1. What is a large language model (LLM)?
2. LLMs can do amazing things – code, chat, see examples from Mitchell & K., Stokel-Walker
3. LLM abilities lead to big questions: Do they understand language? Are they intelligent? Hotly debated – Mitchell & K
3B. NY Times headline May 16 2023: ‘Microsoft Says New A.I. Shows Signs of Human Reasoning’
4. For me, more productive question: How might LLMs inform cognitive science?
5. My answer: Can only inform cognitive science if we look past performance and examine internal structure
6. Roadmap here? Decide later
7. LLMs are exciting because of their facility with language
8. In cognitive science, language is explained by appealing to symbols and rules – Chomsky NY Times essay?
9. Chomsky argues LLMs can’t inform cognitive science because LLMs don’t use rules. Veres agrees?
10. Piantadosi agrees LLMs don’t use rules like Chomsky – but then claims this means LLMs refute Chomsky
11. Piantadosi position has historical precedent
12. 1980s PDP nets cause connectionist revolution due to new powerful ANNs
13. Connectionist revolution attacked theories based on symbols and rules – see ‘What is cognitive psychology?’
14. My concern: connectionist revolutionaries assumed no rules, but didn’t look inside to support the claim – gee whiz connectionism
15. When I looked inside, I saw lots of formal structure (logic network, mushroom network examples)
16. But – network formal structure can be novel and informative (musical network examples)

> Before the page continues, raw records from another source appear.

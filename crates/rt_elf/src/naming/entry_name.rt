//! Names for entries.

ghost use Rattle.std.specs.Prelude.{◌≡◌, ◌≤◌, ◌↔◌, length, true, IfSome, IsSome};
ghost use Rattle.rt_token.specs.Word.{is_word};

use rt_token::is_word;

/// The most bytes of a name for an entry.
const MOST_BYTES: usize = 64;

/// A name for an entry: a word of assembly text, of at most 64 bytes.
#[derive(Clone, Copy, PartialEq, Eq)]
pub struct EntryName<'a> {
    word: &'a str,
    ghost is_word: { is_word word.now ≡ true },
    ghost short: { length word.now ≤ 64 },
}

impl<'a> EntryName<'a> {
    /// The name that is this word, if it is one of at most 64 bytes.
    pub fn new(word: &'a str) -> Option<EntryName<'a>>
        ensures fits { IsSome result ↔ ((is_word word.now ≡ true) × (length word.now ≤ 64)) }
        ensures value { IfSome result (λ name. name.word.now ≡ word.now) }
    {
        if word.len() > MOST_BYTES || !is_word(word.as_bytes()) {
            return None;
        }
        Some(EntryName { word })
    }

    /// Its word.
    pub fn word(&self) -> &'a str
        ensures value { result.now ≡ self.now.word.now }
        ensures spelled { is_word result.now ≡ true }
        ensures short { length result.now ≤ 64 }
    {
        self.word
    }
}
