//! Where segments may lie. The bytes of a segment are those at the front of the file: 0x7F, `E`, `L`, `F`, 1, 1, 1 and zeros.

use super::files::ONE_SEGMENT;
use crate::tests::same;
use rt_elf::{ElfFault, elf_object};
use std::alloc::{AllocError, Global};
use std::process::Abort;
use std::test::Fail;

const LOW: u32 = 0x8000_0000;

const HIGH: u32 = 0x8010_0000;

/// A segment: `p_vaddr`, `p_paddr`, `p_filesz` and `p_memsz`.
type Segment = (u32, u32, u32, u32);

/// The first four bytes at LOW.
const FIRST: Segment = (LOW, LOW, 4, 4);

/// Appends the program header of a segment.
fn push_segment(file: &mut Vec<u8>, segment: &Segment) -> Result<(), AllocError> {
    let (vaddr, paddr, filesz, memsz) = *segment;
    for field in [1, 0, vaddr, paddr, filesz, memsz, 7, 4] {
        file.extend_from_slice(&field.to_le_bytes())?;
    }
    Ok(())
}

/// A file of these segments.
fn file_of(alloc: Global, segments: &[Segment]) -> Result<Vec<u8>, AllocError> {
    let mut file = Vec::from_slice(alloc, &ONE_SEGMENT[..44])?;
    file.extend_from_slice(&segments.len().to_le_bytes()[..2])?;
    file.extend_from_slice(&ONE_SEGMENT[46..52])?;
    for segment in segments {
        push_segment(&mut file, segment)?;
    }
    Ok(file)
}

/// Looks at the image of a file of these segments: at how many bytes it has, and at how it begins.
fn loads(
    rt: &impl Abort,
    alloc: Global,
    segments: &[Segment],
    len: usize,
    begin: &[u8],
) -> Result<(), Fail> {
    let file = file_of(alloc, segments)?;
    let made = elf_object(alloc, &file)?;
    let image = made.bytes.get(16..).unwrap_or(b"");
    same(rt, segments, image.len(), len);
    same(rt, segments, image.starts_with(begin), true);
    Ok(())
}

/// How many bytes the image of a file of these segments has, or why there is none.
fn image_len(alloc: Global, segments: &[Segment]) -> Result<Result<usize, ElfFault>, AllocError> {
    let file = file_of(alloc, segments)?;
    match elf_object(alloc, &file) {
        Ok(made) => Ok(Ok(made.bytes.len().saturating_sub(16))),
        Err(fault) => Ok(Err(fault)),
    }
}

static TOUCHING: [Segment; 2] = [FIRST, (LOW + 4, LOW + 4, 2, 2)];

static OVERLAPPING: [[Segment; 3]; 3] = [
    [FIRST, (LOW + 3, LOW + 3, 2, 2), (HIGH - 4, HIGH - 4, 4, 4)],
    [FIRST, FIRST, (HIGH - 4, HIGH - 4, 4, 4)],
    // the first and the third alone
    [
        (LOW, LOW, 32, 32),
        (LOW + 64, LOW + 64, 4, 4),
        (LOW + 8, LOW + 8, 4, 4),
    ],
];

#[test]
fn load_spans_may_touch(rt: HostRuntime) -> Result<(), Fail> {
    loads(&rt, rt.alloc(), &TOUCHING, 6, b"\x7fELF\x7fE")?;
    for segments in &OVERLAPPING {
        let found = image_len(rt.alloc(), segments)?;
        same(&rt, "overlapping", found, Err(ElfFault::Overlap));
    }
    Ok(())
}

static OVERLAY: [Segment; 3] = [FIRST, (LOW + 64, LOW + 4, 4, 8), (LOW + 64, LOW + 8, 4, 16)];

/// Zeros that run over loaded bytes.
static ZEROS: [Segment; 2] = [(LOW + 4, LOW + 4, 4, 4), (LOW, LOW, 1, 8)];

#[test]
fn run_spans_may_overlap(rt: HostRuntime) -> Result<(), Fail> {
    loads(&rt, rt.alloc(), &OVERLAY, 80, b"\x7fELF\x7fELF\x7fELF\0")?;
    // zeros don't cover loaded bytes
    loads(&rt, rt.alloc(), &ZEROS, 8, b"\x7f\0\0\0\x7fELF")
}

/// Files of one segment, each with how many bytes its image has.
static IN_RAM: [(Segment, Result<usize, ElfFault>); 10] = [
    ((HIGH - 1, HIGH - 1, 1, 1), Ok(1_048_576)),
    ((HIGH - 8, LOW, 4, 8), Ok(1_048_576)),
    ((HIGH - 4, LOW, 4, 8), Err(ElfFault::OutsideRam)),
    ((LOW + 4096, LOW, 4, 8), Ok(4104)),
    ((LOW, LOW - 4, 4, 8), Err(ElfFault::OutsideRam)),
    ((LOW - 4, LOW, 4, 8), Err(ElfFault::OutsideRam)),
    ((0x2000_0000, LOW, 4, 8), Err(ElfFault::OutsideRam)),
    ((0xFFFF_FFFC, LOW, 4, 8), Err(ElfFault::OutsideRam)),
    ((LOW, 0xFFFF_FFFC, 4, 8), Err(ElfFault::OutsideRam)),
    (
        (LOW, LOW, 0xFFFF_FFFF, 0xFFFF_FFFF),
        Err(ElfFault::Truncated),
    ),
];

#[test]
fn all_lies_in_ram(rt: HostRuntime) -> Result<(), Fail> {
    for (segment, len) in &IN_RAM {
        let found = image_len(rt.alloc(), &[*segment])?;
        same(&rt, *segment, found, *len);
    }
    Ok(())
}

static SKIPPED: [Segment; 2] = [(0, 0, 0, 0), FIRST];

static TOO_SHORT: [Segment; 2] = [FIRST, (0, 0, 4, 0)];

static VARIABLES: [Segment; 1] = [(LOW + 16, 0, 0, 64)];

static BOTH: [Segment; 2] = [FIRST, (LOW + 16, 0, 0, 64)];

#[test]
fn segments_without_bytes(rt: HostRuntime) -> Result<(), Fail> {
    let found = image_len(rt.alloc(), &SKIPPED)?;
    same(&rt, "skipped", found, Ok(4));
    let found = image_len(rt.alloc(), &TOO_SHORT)?;
    same(&rt, "too short", found, Err(ElfFault::BadSegment));
    let found = image_len(rt.alloc(), &VARIABLES)?;
    same(&rt, "variables", found, Err(ElfFault::Empty));
    let found = image_len(rt.alloc(), &BOTH)?;
    same(&rt, "both", found, Ok(80));
    Ok(())
}

/// A segment behind so many headers that say nothing.
fn last_segment(alloc: Global, count: usize) -> Result<Vec<Segment>, AllocError> {
    let mut segments: Vec<Segment> = vec![in alloc; (0, 0, 0, 0); count]?;
    segments.push(FIRST)?;
    Ok(segments)
}

#[test]
fn one_header_too_many(rt: HostRuntime) -> Result<(), Fail> {
    let segments = last_segment(rt.alloc(), 255)?;
    let found = image_len(rt.alloc(), &segments)?;
    same(&rt, "as many", found, Ok(4));
    let segments = last_segment(rt.alloc(), 256)?;
    let found = image_len(rt.alloc(), &segments)?;
    same(&rt, "too many", found, Err(ElfFault::BadHeader));
    Ok(())
}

17. Moral: to inform cognitive science, don’t gee whiz, look inside
18. Consequence: LLMs may indeed inform cognitive science, but only after you figure out how they work
19. Need to look inside because LLMs use very different representations (May 28 added, May 29 deleted)
19. Why do we need to look inside? Different methods produce same behavior; we need to look at methods
20. We know methods are different, because LLMs use novel representations.
21. We need to focus on methods, too, because performance is too tempting – mistake to speculate on child language learning
22. LLM proponents know theory is there – need to figure it out and see if the theory applies to humans
23. Problem: LLMs are big – go to ChatGPT manual, Mitchell & Krakauer quote
24. Researchers are developing interesting new techniques to explore innards of LLMs – manning emerging hierarchies paper
25. More work like Manning’s required
26. Do LLMs refute Chomsky? Don’t know now – look inside to find out!